--- Records for this task ---
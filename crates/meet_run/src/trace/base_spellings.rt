//! The laws of a base's lines in a trace: what is read is what is spelled. Each is the contract of a function that does
//! nothing.

ghost use Rattle.meet_run.specs.Tracing.BaseSpelling.{PiecesHaveOneSpelling, BaseNumbersHaveOneSpelling};
ghost use Rattle.meet_run.specs.Tracing.BaseSpelling.{BasedHeadsHaveOneSpelling};

/// States that a line reads as a piece of a base exactly if it is that piece's one spelling, and the piece's numbers
/// are in their limits.
pub fn pieces_have_one_spelling()
    ensures { PiecesHaveOneSpelling }
{}

/// States that a line reads as a base's numbers exactly if it is their one spelling, and they are in their limits.
pub fn base_numbers_have_one_spelling()
    ensures { BaseNumbersHaveOneSpelling }
{}

/// States that the first line of a trace with a base reads as a kind of place exactly if it is its one spelling, and
/// the place may have that bound.
pub fn based_heads_have_one_spelling()
    ensures { BasedHeadsHaveOneSpelling }
{}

--- Brief ---
Please make an exact copy of each record.

--- Exercise response ---
filename crates/meet_run/src/trace/base_spellings.rt
//! The laws of a base's lines in a trace: what is read is what is spelled. Each is the contract of a function that does
//! nothing.

ghost use Rattle.meet_run.specs.Tracing.BaseSpelling.{PiecesHaveOneSpelling, BaseNumbersHaveOneSpelling};
ghost use Rattle.meet_run.specs.Tracing.BaseSpelling.{BasedHeadsHaveOneSpelling};

/// States that a line reads as a piece of a base exactly if it is that piece's one spelling, and the piece's numbers
/// are in their limits.
pub fn pieces_have_one_spelling()
    ensures { PiecesHaveOneSpelling }
{}

/// States that a line reads as a base's numbers exactly if it is their one spelling, and they are in their limits.
pub fn base_numbers_have_one_spelling()
    ensures { BaseNumbersHaveOneSpelling }
{}

/// States that the first line of a trace with a base reads as a kind of place exactly if it is its one spelling, and
/// the place may have that bound.
pub fn based_heads_have_one_spelling()
    ensures { BasedHeadsHaveOneSpelling }
{}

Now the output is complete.